- _Input data_
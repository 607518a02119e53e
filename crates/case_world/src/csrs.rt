//! CSRs of cases.

use crate::bodies::body_of;
use crate::conds::cond_of;
use crate::numbers::number_of;
use idl_tree::{
    BitPart, Body, CsrBodies, CsrBody, FieldBodies, FieldKind, FieldPlaces, FieldType, Fields,
    Length, ResetValue,
};
use std::alloc::Global;
use udb_base::{Cond, Many, Name, NoMemory, both};

// What stands behind a mark among the words of a field.
fn marked<'a>(words: &'a str, mark: char) -> Option<&'a str> {
    for word in words.split('/') {
        if let Some(rest) = word.strip_prefix(mark) {
            return Some(rest);
        }
    }
    None
}

fn place_number(text: &str) -> u16 {
    text.parse::<u16>().unwrap_or(0)
}

fn part_of(text: &str) -> BitPart {
    let (high, low) = text.split_once('-').unwrap_or((text, text));
    BitPart {
        high: place_number(high),
        low: place_number(low),
    }
}

fn place_of(text: &str) -> Option<BitPart> {
    if text == "none" {
        None
    } else {
        Some(part_of(text))
    }
}

fn places_of(text: &str) -> FieldPlaces {
    match text.split_once('|') {
        Some((rv32, rv64)) => FieldPlaces::ByBase {
            rv32: place_of(rv32),
            rv64: place_of(rv64),
        },
        None => FieldPlaces::All(part_of(text)),
    }
}

fn type_of(text: &str) -> FieldType {
    match text {
        "ROH" => FieldType::ROH,
        "RW" => FieldType::RW,
        "RWR" => FieldType::RWR,
        "RWH" => FieldType::RWH,
        "RWRH" => FieldType::RWRH,
        _ => FieldType::RO,
    }
}

// The source of a body with the name among lines of a name and a source.
fn source_named<'a>(sources: &'a str, name: &str) -> &'a str {
    for line in sources.split('\n') {
        if let Some((found, source)) = line.split_once(' ') {
            if found == name {
                return source;
            }
        }
    }
    ""
}

fn body_named(alloc: Global, sources: &str, name: &str) -> Result<Option<Body>, NoMemory> {
    body_of(alloc, source_named(sources, name))
}

fn computed_kind(body: Result<Option<Body>, NoMemory>) -> Result<FieldKind, NoMemory> {
    match body? {
        Some(body) => Ok(FieldKind::Computed(body)),
        None => Ok(FieldKind::Plain(FieldType::RO)),
    }
}

fn kind_of(alloc: Global, sources: &str, words: &str) -> Result<FieldKind, NoMemory> {
    let text = marked(words, 'k').unwrap_or("RO");
    match text.strip_prefix('@') {
        Some(name) => computed_kind(body_named(alloc, sources, name)),
        None => Ok(FieldKind::Plain(type_of(text))),
    }
}

fn computed_reset(body: Result<Option<Body>, NoMemory>) -> Result<ResetValue, NoMemory> {
    match body? {
        Some(body) => Ok(ResetValue::Computed(body)),
        None => Ok(ResetValue::Plain(0)),
    }
}

fn reset_of(alloc: Global, sources: &str, words: &str) -> Result<ResetValue, NoMemory> {
    let text = marked(words, 'r').unwrap_or("0");
    match text.strip_prefix('@') {
        Some(name) => computed_reset(body_named(alloc, sources, name)),
        None => Ok(ResetValue::Plain(number_of(text))),
    }
}

fn write_of(alloc: Global, sources: &str, words: &str) -> Result<Option<Body>, NoMemory> {
    match marked(words, 'w') {
        Some(name) => body_named(alloc, sources, name),
        None => Ok(None),
    }
}

// The bodies of a field: of its type, its value at reset and its writes.
fn field_bodies(
    alloc: Global,
    sources: &str,
    words: &str,
) -> Result<(FieldKind, (ResetValue, Option<Body>)), NoMemory> {
    let rest = both(
        reset_of(alloc, sources, words),
        write_of(alloc, sources, words),
    );
    both(kind_of(alloc, sources, words), rest)
}

fn field_head(alloc: Global, name: &str, words: &str) -> Result<(Name, Cond), NoMemory> {
    let present = cond_of(alloc, marked(words, 'p').unwrap_or("always"));
    both(Name::of(alloc, name), present)
}

fn field_of(alloc: Global, sources: &str, text: &str) -> Result<FieldBodies, NoMemory> {
    let (name, rest) = text.split_once('/').unwrap_or((text, ""));
    let (places, words) = rest.split_once('/').unwrap_or((rest, ""));
    let head = field_head(alloc, name, words);
    let ((name, present), (kind, (reset, write))) = both(
        head,
        field_bodies(alloc, sources, words),
    )?;
    Ok(FieldBodies {
        name,
        present,
        places: places_of(places),
        kind,
        reset,
        write,
    })
}

fn push_field(to: &mut Fields, one: Result<FieldBodies, NoMemory>) -> Result<(), NoMemory> {
    to.push(one?)?;
    Ok(())
}

fn fields_of(alloc: Global, sources: &str, text: &str) -> Result<Fields, NoMemory> {
    let mut fields = Many::new(alloc);
    for word in text.split(' ') {
        push_field(&mut fields, field_of(alloc, sources, word))?;
    }
    Ok(fields)
}

fn length_of(text: &str) -> Length {
    match text {
        "32" => Length::Bits32,
        "64" => Length::Bits64,
        _ => Length::Mxlen,
    }
}

fn csr_of(alloc: Global, sources: &str, line: &str) -> Result<CsrBody, NoMemory> {
    let (head, fields) = line.split_once(": ").unwrap_or((line, ""));
    let (name, rest) = head.split_once(' ').unwrap_or((head, ""));
    let (address, rest) = rest.split_once(' ').unwrap_or((rest, ""));
    let (length, present) = rest.split_once(' ').unwrap_or((rest, "always"));
    let parts = both(cond_of(alloc, present), fields_of(alloc, sources, fields));
    let (name, (present, fields)) = both(Name::of(alloc, name), parts)?;
    Ok(CsrBody {
        name,
        present,
        address: (number_of(address) % 4096) as u16,
        length: length_of(length),
        fields,
    })
}

fn push_csr(to: &mut CsrBodies, one: Result<CsrBody, NoMemory>) -> Result<(), NoMemory> {
    to.push(one?)?;
    Ok(())
}

/// The CSRs of some lines, in their order: `NAME ADDRESS LENGTH PRESENT: FIELD FIELD ..`. A length is 32, 64 or
/// `mxlen`. A field is `NAME/PLACES` and words behind further `/`: `k` with its type, `r` with its value at
/// reset, `w` with the name of the body of its writes, `p` with its condition; behind `k` and `r` may stand
/// `@` and the name of a body. Places are `HIGH-LOW` or one bit, or two of these for 32 and for 64 joined by `|`,
/// where `none` is no place. The bodies stand in `sources`, a name and a source in each line.
pub fn csrs_of(alloc: Global, lines: &str, sources: &str) -> Result<CsrBodies, NoMemory> {
    let mut csrs = Many::new(alloc);
    for line in lines.split('\n') {
        if !line.is_empty() {
            push_csr(&mut csrs, csr_of(alloc, sources, line))?;
        }
    }
    Ok(csrs)
}

/// The CSRs of machine mode that ship with the database. (RISC-V privileged manual, "Machine-Level
/// CSRs".)
const SHIPPED: &str = "marchid 0xF12 mxlen Sm: VALUE/31-0|63-0
mcause 0x342 mxlen Sm: CODE/30-0|62-0/kRWH INT/31|63/kRWH
mepc 0x341 mxlen Sm: PC/31-2|63-2/kRWH
mhartid 0xF14 mxlen Sm: VALUE/31-0|63-0
mimpid 0xF13 mxlen Sm: VALUE/31-0|63-0
misa 0x301 mxlen Sm: EXTENSIONS/25-0/r@extensions MXL/31-30|63-62/r@width
mscratch 0x340 mxlen Sm: SCRATCH/31-0|63-0/kRW
mstatus 0x300 mxlen Sm: MIE/3/kRWH MPIE/7/kRWH MPP/12-11/r3
mtval 0x343 mxlen Sm: VALUE/31-0|63-0/kRWH
mtvec 0x305 mxlen Sm: BASE/31-2|63-2/kRW MODE/1-0
mvendorid 0xF11 32 Sm: VALUE/31-0
";

const SHIPPED_SOURCES: &str =
    "extensions return implemented?(ExtensionName::M) ? 26'h1100 : 26'h100;
width return (MXLEN == 32) ? 2'd1 : 2'd2;
";

/// The CSRs of machine mode that ship with the database, as Sm has them.
pub fn shipped_csrs(alloc: Global) -> Result<CsrBodies, NoMemory> {
    csrs_of(alloc, SHIPPED, SHIPPED_SOURCES)
}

- _Task objective_
Across all the entries above, how many lines hold the word "const"? Answer with the number only.

- _Response for this exercise_
2